February 17, 2009 § Leave a comment
I made a schedule, and it helps. I’ve started working with the old java-stuff (yey me!) and I’ve checked the cables for the broken hard drive (need a new chassi). I’ve insulted someone for using the phrace “what up?” (yeah, what up, down, left right, what the hell am I supposed to answer when people ask it every second sentence? It’s just random sounds thrown together to make the convo float better. If you don’t have anything to say, stfu, if you have something to say: say that instead. Don’t. Say. What. Up.), I’ve been down in the cellar. See, fairly active.
I have but one question for myself to contemplate: How come all my exes (bar one, but he was for lots of years) are engaged in longterm relationships, but I’m constantly single? If everybody you dance with make the same misstake, it might not be them, but you. I wonder how much of a complete relationship horror I am?

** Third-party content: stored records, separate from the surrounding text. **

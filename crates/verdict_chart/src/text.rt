// The chart as text, at most 80 columns wide.
use crate::forms::{VERDICT_COUNT, columns_of, mark_at, mark_of, row_start};
use crate::label::{
    OPERANDS, family_name, mnemonics, operand, operand_letter, role, roles, title, verdict_words,
};
use crate::layout::{new_line, to};
use crate::report::report;
use stepper_lines::line::Line;
use stepper_lines::print::{byte, text};
use tables::family::{ARITHMETIC, BINARY_LOGIC, COMPARISON, EXCHANGE, LOAD, MOVE, STORE, UNARY};
use verdict_table::blocks::NAMES;

// Where the cells of a row begin, after its label.
const LABEL: usize = 11;

// Columns from one group's first cell to the next one's.
const GROUP: usize = 14;

// Columns from a cell to the next.
const APART: usize = 2;

// Where they stand under NEG and NOT.
const WIDE_APART: usize = 4;

// The lines of a block of one group: its heads, and a row for each first operand.
const HEADS: u64 = 3;

const LINES: u64 = 8;

// The cells of a group from the line's end on, each by its column.
fn group<F: Fn(usize) -> u8>(line: Line, cell: F, columns: usize, apart: usize) -> Line
    requires { F.IsAlwaysCallable cell }
{
    let mut made = line;
    let mut at = line.length;
    for column in 0..columns {
        made = to(made, at).with(cell(column));
        at = at.wrapping_add(apart);
    }
    made
}

fn head(line: Line, family: u64) -> Line {
    mnemonics(family_name(line, family).text(b": "), family)
}

// ---- blocks of one group, side by side

// The line goes on behind a label.
fn behind(line: Line, start: usize) -> Line {
    to(line, start.wrapping_add(LABEL))
}

// In unary the columns are the operators.
fn column_heads(line: Line, family: u64) -> Line {
    if family == UNARY {
        return mnemonics(line, family);
    }
    group(line, operand_letter, columns_of(family), APART)
}

fn cells_of(line: Line, family: u64, first: u64) -> Line {
    let start = row_start(family, first);
    let apart = if family == UNARY { WIDE_APART } else { APART };
    let mark = |column: usize| mark_at(start.wrapping_add(column));
    group(line, mark, columns_of(family), apart)
}

// One line of the block of a family.
fn block_line(line: Line, family: u64, number: u64) -> Line {
    let start = line.length;
    match number {
        0 => head(line, family),
        1 => roles(line, family),
        2 => column_heads(behind(line, start), family),
        _ => {
            let first = number.wrapping_sub(HEADS);
            cells_of(behind(operand(line, first), start), family, first)
        }
    }
}

fn two_blocks(number: u64) {
    let left = to(block_line(new_line(), ARITHMETIC, number), 42);
    block_line(left, BINARY_LOGIC, number).end();
}

fn three_blocks(number: u64) {
    let left = to(block_line(new_line(), UNARY, number), 27);
    let middle = to(block_line(left, MOVE, number), 56);
    block_line(middle, EXCHANGE, number).end();
}

// Blocks side by side, line by line.
fn band<F: Fn(u64)>(line: F)
    requires { F.IsAlwaysCallable line }
{
    byte(b'\n');
    for number in 0..LINES {
        line(number);
    }
}

// ---- blocks of five groups, one for each second operand

// Before a group; a bar before all but the first.
fn parted(line: Line, second: usize, at: usize) -> Line {
    let bar = if second == 0 { b' ' } else { b'|' };
    to(line, at).with(bar)
}

// Each cell by its group and its column.
fn groups<F: Fn(usize, usize) -> u8>(line: Line, cell: F, columns: usize)
    requires { F.IsAlwaysCallable cell }
{
    let mut made = line;
    let mut at = LABEL - 1;
    for second in 0..NAMES {
        made = group(
            parted(made, second, at),
            |column| cell(second, column),
            columns,
            APART,
        );
        at = at.wrapping_add(GROUP);
    }
    made.end();
}

fn group_heads(line: Line) {
    let mut made = line;
    let mut at = LABEL;
    for second in 0..NAMES as u64 {
        made = operand(to(made, at), second);
        at = at.wrapping_add(GROUP);
    }
    made.end();
}

fn group_rows(family: u64, columns: usize) {
    for first in 0..NAMES as u64 {
        let start = row_start(family, first);
        let mark = |second: usize, column: usize| {
            mark_at(
                start
                    .wrapping_add(second.wrapping_mul(columns))
                    .wrapping_add(column),
            )
        };
        groups(operand(new_line(), first), mark, columns);
    }
}

fn wide_block(family: u64) {
    let columns = columns_of(family);
    byte(b'\n');
    roles(head(new_line(), family).text(b"; "), family).end();
    group_heads(role(new_line(), family, 2));
    groups(
        role(new_line(), family, 4),
        |_, column| operand_letter(column),
        columns,
    );
    group_rows(family, columns);
}

// ---- the whole

// An operand with its letter, and what stands behind it in the list of them.
fn operand_words(place: u64) {
    byte(operand_letter(place as usize));
    byte(b' ');
    operand(new_line(), place).print();
    match place {
        5 => text(b",\n"),
        6 => text(b". "),
        _ => text(b", "),
    }
}

fn operands() {
    text(b"Operands: ");
    for place in 0..OPERANDS {
        operand_words(place);
    }
    text(b"Rows by columns. Operators share verdicts, NEG and NOT apart.\n");
}

fn legend_line(verdict: u8) {
    byte(mark_of(verdict));
    byte(b' ');
    verdict_words(verdict);
    byte(b'\n');
}

fn legend() {
    for verdict in 0..VERDICT_COUNT {
        legend_line(verdict);
    }
}

pub fn chart() {
    title();
    byte(b'\n');
    operands();
    legend();
    band(two_blocks);
    band(three_blocks);
    wide_block(COMPARISON);
    wide_block(LOAD);
    wide_block(STORE);
    byte(b'\n');
    report();
}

It must be bad.
I seem to be utterly incompetent when it comes to functioning in a relationship, and still, I do some sort of diversity dating. I’ve tested dating and having relationships with people ranging from graphic designers, musicians, chefs and computer scientists to electricians, students and inbetween-jobs. People on my level, and people somewhere completely different. Religious to atheists. People who like to talk, and uptight quiet neurosises on two legs (noone particular in mind ahem). I’d say I have a wide span here. People from Sweden, people from other cultures. I’ve really tried everything.
You would think that the reason for the dating/relationships to be so continously hellbound was that I relived the same old scenarios over and over again. But alas, no! This is not the case. Or rather, I’m reliving it, but not with the same or even similar actors. They are but extras in the drama that is my life.
I’m still single. And I feel like I’ve overdated. I can’t do it anymore. It’s getting so old, the whole concept. Having to get to know someone, rearrange your life for them, all that. After the last collapse and heartbreak (in october I think it was) I decided to stay single until 2013. Since then I’ve been on a couple of dates, but nothing has made me rethink. Or rather: Noone. I am to be single until 2013. So, you can unlock your doors and let your sons and daughters out, I promise to stay inside here and ponder the reasons of my lonelyness, all on my own.
Or as we say, in my generation: F*ck this shit.